A hard and a soft limit for the neurons will also be listed. During the training
phase WHAT tries to keep the values for the neurons between plus and minus the
soft limit. However, as soon as the absolute value of a neuron exceeds the
hard boundary a reset will be done for this neuron; even if this makes the
whole performance worse. If this happens, you should increase
the hard and soft boundary. Be aware that the product of the width of
the hidden layers and the hard limit should have at least the same order of
magnitude as the expected values at the output unit.

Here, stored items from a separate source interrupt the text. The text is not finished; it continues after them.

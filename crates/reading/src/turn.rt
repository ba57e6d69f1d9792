// A record that has no inside, with what is counted of it, and a record that is refused as it is.
ghost use Rattle.std.specs.Prelude.{◌≡◌, ◌||◌, cond, List, suc, ◌-◌, ◌≤◌, min, leb, length, Some, None};
ghost use Rattle.limits.specs.Limits.{handled_needed};
ghost use Rattle.cells.specs.Contract.Book.{shown};
ghost use Rattle.sums.specs.Tree.Sums.{Sum};
ghost use Rattle.formats.specs.Names.{kind_of};
ghost use Rattle.stack.specs.Stack.{any_complex};
ghost use Rattle.modifiers.specs.Reading.{inside_of};
ghost use Rattle.stack.specs.Steps.{leaf_step};
ghost use Rattle.stack.specs.Contract.Arena.{of, slots, working, places, all_slices};
ghost use Rattle.stack.specs.Contract.Stacked.{Stacked};
ghost use Rattle.stack.specs.Contract.Agree.{Ready, Does, env_of};
ghost use Rattle.stack.specs.Contract.Acting.{handled_by};
ghost use Rattle.reading.specs.Contract.After.{after};
ghost use Rattle.reading.specs.Contract.Quick.{is_quick, has_nodes};

use cells::Cells;
use formats::record::{Kind, Record};
use limits::{HANDLED_NEEDED, Refusal};
use modifiers::Inside;
use stack::slots::Arena;
use stack::state::{AlgebraEnv, Ran, Stepped};

// Whether a record is a push of a number or a primitive: most are, and their step needs no state but the stack's end and what was handled.
pub fn is_quick(kind: u8) -> bool
    ensures { result ≡ is_quick (kind_of kind) }
{
    match formats::record::kind_of(kind) {
        Some(k) => quick_kind(k),
        None => false,
    }
}

// Whether what is inside a record is nodes that are run in turn. They stand right behind it, and what comes after it behind them.
pub fn has_nodes(kind: u8) -> bool
    ensures { result ≡ has_nodes (inside_of (kind_of kind)) }
{
    match modifiers::inside_of(kind) {
        Inside::Nodes => true,
        Inside::Nothing => false,
        Inside::Bodies => false,
    }
}

fn quick_kind(k: Kind) -> bool
    ensures { result ≡ is_quick (Some k) }
{
    match k {
        Kind::RealPush => true,
        Kind::ComplexPush => true,
        Kind::Primitive => true,
        Kind::ArrayPush => false,
        Kind::OtherPush => false,
        Kind::Modifier => false,
        Kind::Body => false,
        Kind::Run => false,
        Kind::CustomInverse => false,
        Kind::Obverse => false,
        Kind::NoNormal => false,
        Kind::UnderMarker => false,
        Kind::AnythingElse => false,
    }
}

// How many are handled after a record was run. The table is not asked where no more are counted.
pub fn counted(r: Record, handled: usize) -> usize
    ensures { result ≡ cond (handled_by r (kind_of r.kind)) (min handled_needed (suc handled)) handled }
{
    if handled == HANDLED_NEEDED {
        return handled;
    }
    stack::leaf::count(handled, stack::leaf::counts(r))
}

// A state of its four parts.
pub fn env_of(used: usize, handled: usize, complex: bool, pairs: u64) -> AlgebraEnv
    ensures { result ≡ env_of used handled complex pairs }
{
    AlgebraEnv {
        used,
        handled,
        pairs,
        complex,
    }
}

// A refusal at a place.
pub fn refuse(q: Refusal, at: usize, book: &Cells, sizes: &[u8], env: AlgebraEnv) -> Ran
    requires { (env.used ≤ length sizes.now) × ((ss : List Sum) × Stacked (of (shown book.now) sizes.now) working env.used ss) }
    ensures { (ss : List Sum) → Stacked (of (shown book.now) sizes.now) working env.used ss → result ≡ Ran.Stopped q at (leb handled_needed env.handled || any_complex ss) }
{
    match stack::state::halt(q, book, sizes, env.used, env.handled) {
        Stepped::Went(_, _) => Ran::Went(env),
        Stepped::Stopped(r, b) => Ran::Stopped(r, at, b),
    }
}

// What is counted of a record, once it was run: whether it is handled, whether it tells of a complex number, and the pairs that it multiplied.
pub fn finish(r: Record, at: usize, stepped: Stepped, env: AlgebraEnv) -> Ran
    ensures { result ≡ after r (kind_of r.kind) at stepped env }
{
    match stepped {
        Stepped::Stopped(q, b) => Ran::Stopped(q, at, b),
        Stepped::Went(used, more) => Ran::Went(AlgebraEnv {
            used,
            handled: counted(r, env.handled),
            complex: env.complex | stack::leaf::flags(r),
            pairs: stack::state::capped_sum(env.pairs, more),
        }),
    }
}

// A record that has no inside.
pub fn read_leaf(r: Record, at: usize, arena: &mut Arena, v: usize, env: AlgebraEnv) -> Ran
    requires { Ready (slots arena.old) v env }
    ensures does { Does (slots arena.old) (slots arena.new) v env result (λ st. leaf_step at r (kind_of r.kind) (places - v) st) }
    ensures same_slices { all_slices arena.new ≡ all_slices arena.old }
{
    let used = env.used;
    let handled = env.handled;
    let stepped = stack::leaf::leaf(r, arena, v, used, handled);
    finish(r, at, stepped, env)
}
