// Whether a list of records keeps the rules: the shape of its records, and the verdict on it.
ghost use Rattle.std.specs.Prelude.{◌≡◌, true, false, ◌↔◌, ℕ, ◌*◌, ◌≤◌, ◌<◌, length};
ghost use Rattle.limits.specs.Limits.{list_records, list_levels, record_bytes};
ghost use Rattle.formats.specs.Tree.{forest};
ghost use Rattle.formats.specs.Rules.{ok_nodes, verdict, Judged};
ghost use Rattle.formats.specs.Contract.Measure.{OkInside, Low};

use crate::record::Kind;
use limits::{LIST_RECORDS, NODE_INSIDE, RECORD_BYTES, Refusal};

// The place of the first record from `from` up to `to` that isn't simple; `from` where bodies stand, since none of them is.
fn past_simple(list: &[u8], from: usize, to: usize, bodies: bool) -> usize
    requires { (from ≤ to) × (record_bytes * to ≤ length list.now) × (to ≤ list_records) }
    ensures { (from ≤ result) × (result ≤ to) × ((l : ℕ) → 0 < l → Low list.now result to bodies l ↔ Low list.now from to bodies l) }
{
    if bodies {
        return from;
    }
    for at in from..to {
        if !crate::fields::is_simple(list, at) {
            return at;
        }
    }
    to
}

// Whether the records from `from` up to `n` keep the rules and none lies too deep, in one pass over them. The one at `at` lies inside `depth` others and in a
// stretch that ends at `end`; the arrays have the stretches around that one, the outermost first.
fn all_stand(list: &[u8], from: usize, n: usize) -> bool
    requires { (from ≤ n) × (record_bytes * n ≤ length list.now) × (n ≤ list_records) }
    ensures { (result ≡ true) ↔ Low list.now from n false list_levels }
{
    let mut ends = [0u16; NODE_INSIDE];
    let mut of_bodies = [false; NODE_INSIDE];
    let mut depth = 0;
    let mut at = from;
    let mut end = n;
    let mut bodies = false;
    // A `loop`, since a stretch that ends goes on with the one around it, and a record that holds others goes into them.
    loop {
        at = past_simple(list, at, end, bodies);
        if at == end {
            if depth == 0 {
                return true;
            }
            depth -= 1;
            end = ends[depth] as usize;
            bodies = of_bodies[depth];
            continue;
        }
        let r = crate::record::record_at(list, at);
        if !crate::fields::may_stand(r, at, end, bodies) {
            return false;
        }
        at += 1;
        if r.inside == 0 {
            continue;
        }
        if depth == NODE_INSIDE {
            return false;
        }
        ends[depth] = end as u16;
        of_bodies[depth] = bodies;
        depth += 1;
        end = at + r.inside as usize;
        bodies = crate::record::is_a(r.kind, Kind::Modifier);
    }
}

// Whether the first `n` records keep the rules and none lies too deep.
fn all_good(list: &[u8], n: usize) -> bool
    requires { (record_bytes * n ≤ length list.now) × (n ≤ list_records) }
    ensures { (result ≡ true) ↔ Low list.now 0 n false list_levels }
{
    let from = past_simple(list, 0, n, false);
    if from == n {
        return true;
    }
    all_stand(list, from, n)
}

// Whether the records from `from` up to `to` keep the rules, where what lies inside each is known to.
fn stretch_ok(list: &[u8], from: usize, to: usize, bodies: bool) -> bool
    requires from_le_to { (from ≤ to) × (record_bytes * to ≤ length list.now) × (to ≤ list_records) }
    requires ok_inside { OkInside list.now from to }
    ensures { result ≡ ok_nodes bodies (forest list.now from to) }
{
    let mut at = from;
    // A `while`, since what lies inside a record is passed over.
    while at < to {
        let r = crate::record::record_at(list, at);
        if !crate::fields::may_stand(r, at, to, bodies) {
            return false;
        }
        at += 1 + r.inside as usize;
    }
    true
}

// Whether the first `n` records keep the rules, however deep they lie: asked of lists that are refused. What lies inside a record comes after it, so it is asked of the last record first.
// Once it is known of one no record in that stretch reaches past its end, so each record is met in one stretch only, and is read at most twice.
fn all_nest(list: &[u8], n: usize) -> bool
    requires { (record_bytes * n ≤ length list.now) × (n ≤ list_records) }
    ensures { result ≡ ok_nodes false (forest list.now 0 n) }
{
    for i in (0..n).rev() {
        let r = crate::record::record_at(list, i);
        let next = i + 1 + r.inside as usize;
        if n < next {
            return false;
        }
        if !stretch_ok(
            list,
            i + 1,
            next,
            crate::record::is_a(r.kind, Kind::Modifier),
        ) {
            return false;
        }
    }
    stretch_ok(list, 0, n, false)
}

fn judged(list: &[u8]) -> Result<(), Refusal>
    ensures { result ≡ verdict list.now }
{
    let n = list.len() / RECORD_BYTES;
    if list.len() % RECORD_BYTES != 0 {
        return Err(Refusal::BadRecord);
    }
    if LIST_RECORDS < n {
        return Err(Refusal::BadRecord);
    }
    if all_good(list, n) {
        return Ok(());
    }
    if all_nest(list, n) {
        return Err(Refusal::TooDeep);
    }
    Err(Refusal::BadRecord)
}

// Whether a list of bytes is a list of well-formed records (else 11), none of them too deep (else 13).
pub fn check(list: &[u8]) -> Result<(), Refusal>
    ensures verdict { result ≡ verdict list.now }
    ensures trees { Judged list.now result }
{
    judged(list)
}
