// Lists of node records, RECORD_BYTES each, numbers with the lowest byte first: their names, reading and writing them, and the laws of the rules that a list keeps.
ghost use Rattle.std.specs.Prelude.{◌≡◌, ◌+◌, ◌*◌, ◌%◌, ◌≤◌, ◌<◌, eqb, length};
ghost use Rattle.std.proofs.lemmas.List.Edits.{sets};
ghost use Rattle.limits.specs.Limits.{record_bytes};
ghost use Rattle.formats.specs.Names.{kind_no, kind_of, primitive_no, primitive_of, modifier_no, modifier_of};
ghost use Rattle.formats.specs.Bytes.{number, bytes};
ghost use Rattle.formats.specs.Tree.{rec_at, records_in, count, forest, Written};
ghost use Rattle.formats.specs.Contract.Walk.{Walkable};

use limits::RECORD_BYTES;

// What a record is.
#[derive(Clone, Copy, PartialEq, Eq)]
pub enum Kind {
    RealPush = 1,
    ComplexPush = 2,
    ArrayPush = 3,
    OtherPush = 4,
    Primitive = 5,
    Modifier = 6,
    Body = 7,
    Run = 8,
    CustomInverse = 9,
    Obverse = 10,
    NoNormal = 11,
    UnderMarker = 12,
    AnythingElse = 13,
}

// What the code of a primitive stands for. Max, SinH, CosH and Root are only written.
#[derive(Clone, Copy, PartialEq, Eq)]
pub enum Primitive {
    Identity = 1,
    Pop = 2,
    Dup = 3,
    Flip = 4,
    Neg = 5,
    Not = 6,
    Sqrt = 7,
    Add = 8,
    Sub = 9,
    Mul = 10,
    Div = 11,
    Pow = 12,
    Exp = 13,
    Sin = 14,
    Cos = 15,
    Reciprocal = 16,
    Complex = 17,
    Max = 18,
    SinH = 19,
    CosH = 20,
    Exp2 = 32,
    Exp10 = 33,
    Log = 34,
    Ln = 35,
    Log2 = 36,
    Log10 = 37,
    Over = 38,
    Root = 39,
    Unlisted = 0,
}

// What the code of a modifier stands for.
#[derive(Clone, Copy, PartialEq, Eq)]
pub enum Modifier {
    Dip = 1,
    Gap = 2,
    On = 3,
    By = 4,
    Both = 5,
    Bracket = 6,
    Fork = 7,
    Unlisted = 0,
}

#[derive(Clone, Copy)]
pub struct Record {
    pub kind: u8,
    pub code: u8,
    pub args: u8,
    pub blank: u8,
    pub inside: u32,
    pub re: u64,
    pub im: u64,
}

pub fn kind_no(k: Kind) -> u8
    ensures { result ≡ kind_no k }
{
    k as u8
}

#[tactic(auto, unfolding(crate::specs::Names::kind_of))]
pub fn kind_of(b: u8) -> Option<Kind>
    ensures { result ≡ kind_of b }
{
    match b {
        1 => Some(Kind::RealPush),
        2 => Some(Kind::ComplexPush),
        3 => Some(Kind::ArrayPush),
        4 => Some(Kind::OtherPush),
        5 => Some(Kind::Primitive),
        6 => Some(Kind::Modifier),
        7 => Some(Kind::Body),
        8 => Some(Kind::Run),
        9 => Some(Kind::CustomInverse),
        10 => Some(Kind::Obverse),
        11 => Some(Kind::NoNormal),
        12 => Some(Kind::UnderMarker),
        13 => Some(Kind::AnythingElse),
        _ => None,
    }
}

pub fn primitive_no(p: Primitive) -> u8
    ensures { result ≡ primitive_no p }
{
    p as u8
}

#[tactic(auto, unfolding(crate::specs::Names::primitive_of))]
pub fn primitive_of(code: u8) -> Primitive
    ensures { result ≡ primitive_of code }
{
    match code {
        1 => Primitive::Identity,
        2 => Primitive::Pop,
        3 => Primitive::Dup,
        4 => Primitive::Flip,
        5 => Primitive::Neg,
        6 => Primitive::Not,
        7 => Primitive::Sqrt,
        8 => Primitive::Add,
        9 => Primitive::Sub,
        10 => Primitive::Mul,
        11 => Primitive::Div,
        12 => Primitive::Pow,
        13 => Primitive::Exp,
        14 => Primitive::Sin,
        15 => Primitive::Cos,
        16 => Primitive::Reciprocal,
        17 => Primitive::Complex,
        18 => Primitive::Max,
        19 => Primitive::SinH,
        20 => Primitive::CosH,
        32 => Primitive::Exp2,
        33 => Primitive::Exp10,
        34 => Primitive::Log,
        35 => Primitive::Ln,
        36 => Primitive::Log2,
        37 => Primitive::Log10,
        38 => Primitive::Over,
        39 => Primitive::Root,
        _ => Primitive::Unlisted,
    }
}

pub fn modifier_no(m: Modifier) -> u8
    ensures { result ≡ modifier_no m }
{
    m as u8
}

#[tactic(auto, unfolding(crate::specs::Names::modifier_of))]
pub fn modifier_of(code: u8) -> Modifier
    ensures { result ≡ modifier_of code }
{
    match code {
        1 => Modifier::Dip,
        2 => Modifier::Gap,
        3 => Modifier::On,
        4 => Modifier::By,
        5 => Modifier::Both,
        6 => Modifier::Bracket,
        7 => Modifier::Fork,
        _ => Modifier::Unlisted,
    }
}

// The number in the four bytes at `at`.
pub fn four(s: &[u8], at: usize) -> u32
    requires { at + 4 ≤ length s.now }
    ensures { (result ≡ number 4 s.now at) × (result < 4294967296) }
{
    u32::from_le_bytes([s[at], s[at + 1], s[at + 2], s[at + 3]])
}

// The number in the eight bytes at `at`.
pub fn eight(s: &[u8], at: usize) -> u64
    requires { at + 8 ≤ length s.now }
    ensures { result ≡ number 8 s.now at }
{
    u64::from_le_bytes([
        s[at],
        s[at + 1],
        s[at + 2],
        s[at + 3],
        s[at + 4],
        s[at + 5],
        s[at + 6],
        s[at + 7],
    ])
}

// Writes a number's lowest four bytes at `at`.
pub fn put_four(out: &mut [u8], at: usize, v: u64)
    requires { at + 4 ≤ length out.old }
    ensures { out.new ≡ sets out.old at (bytes 4 v) }
{
    let lowest = (v % 4294967296) as u32;
    out[at..at + 4].copy_from_slice(&lowest.to_le_bytes());
}

// Writes a number's eight bytes at `at`.
pub fn put_eight(out: &mut [u8], at: usize, v: u64)
    requires { at + 8 ≤ length out.old }
    ensures { out.new ≡ sets out.old at (bytes 8 v) }
{
    out[at..at + 8].copy_from_slice(&v.to_le_bytes());
}

// How many whole records there are, or there is room for.
pub fn count_records(list: &[u8]) -> usize
    ensures { result ≡ records_in list.now }
{
    list.len() / RECORD_BYTES
}

// The record at place `i`.
pub fn record_at(list: &[u8], i: usize) -> Record
    requires { record_bytes * i + record_bytes ≤ length list.now }
    ensures { (result ≡ rec_at list.now i) × (result.inside < 4294967296) }
{
    let at = RECORD_BYTES * i;
    let inside = four(list, at + 4);
    let re = eight(list, at + 8);
    let im = eight(list, at + 16);
    Record {
        kind: list[at],
        code: list[at + 1],
        args: list[at + 2],
        blank: list[at + 3],
        inside,
        re,
        im,
    }
}

// Writes the record at place `i`.
pub fn put_record(out: &mut [u8], i: usize, r: Record)
    requires { record_bytes * i + record_bytes ≤ length out.old }
    ensures { Written out.old out.new i r }
{
    let at = RECORD_BYTES * i;
    out[at] = r.kind;
    out[at + 1] = r.code;
    out[at + 2] = r.args;
    out[at + 3] = r.blank;
    put_four(out, at + 4, r.inside as u64);
    put_eight(out, at + 8, r.re);
    put_eight(out, at + 16, r.im);
}

// Whether a kind byte is that of the kind.
pub fn is_a(b: u8, k: Kind) -> bool
    ensures { result ≡ eqb b (kind_no k) }
{
    b == kind_no(k)
}

// How many nodes stand side by side from `from` up to `to`: of what is inside a modifier, its bodies.
pub fn count_nodes(list: &[u8], from: usize, to: usize) -> usize
    requires { Walkable list.now from to }
    ensures { result ≡ count (forest list.now from to) }
{
    let mut at = from;
    let mut n = 0;
    // A `while`, since what lies inside a record is passed over.
    while at < to {
        let r = record_at(list, at);
        at += 1 + r.inside as usize;
        n += 1;
    }
    n
}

If the network training is going well and you are getting
close to convergence, cooling down, that means decreasing
the size of the steps that WHAT IF uses to change the
neurons can speed up the convergence. A small stepsize
will lead to faster training, but more chance of getting
stuck in a local minimum. Type COOLNW to reduce the step size
by a factor 1.5. See also HEATNW.
The process of slowly decreasing the step size in monte carlo like procedures
like the one chosen to optimize the WHAT IF network, is often called
simulated anealing.
If you think that the network is stuck in a local minimum
you can try the HEATNW option. It will increase the maximal
allowed change in junction value per training step. Heating
up will increase the change of finding the global minimum,
but will slow down the training process. The option HEATNW
increases the step size by a factor 1.5. See also COOLNW.
The option SHAKEN will shake the whole neural net a little bit.
This will of course make the results worse, but it could help
getting out of a local minimum in network space.
The parameters as described under the SHOPAR command can be (re-)set with the
PARAMS command. In this case you will simply be prompted for the five
parameters in a row.
This parameter determines the initial 'temperature' of the network.
Optimally choose a value that is a bit bigger than the expected
average change in the neurons during the training. If you
dont know this value, take the average difference between all
input values.
The 'temperature' of the neurons is automatically scaled
during the run when the observed temperature and the desired
temperature differ more than this factor. I have not yet determined
any useful rule of thumb for thsi parameter. Play with it if
all else fails.
It sometimes (not too often) helps to add a linear offset to the
relation between
the input and output layer. Play with this option if
all else fails.
If you expect a small number of very bad values in your input data
it might help to use robust instead of quadratic error
estimates. This flag can do that for you.
If the output of the neural net tells you that you have some
datapoints that really dont fit with the rest, you can try to
use a third power error function instead of the normal
quadratic one. This forces the training to pay much more attention
to those few bad values. The SMTERR parameter does just that for you.
This option switches on the debug flag. Could be handy if you
start modifying the code yourself. Otherwise, better dont use....
Together with the DSSP option HSTMTS, MAKTST is needed for the not
yet functioning neural network that one day will improve the secondary
structure determinations.
The option SCATER will, after training, make a scatter plot of the
training set values versus the values that the net produced.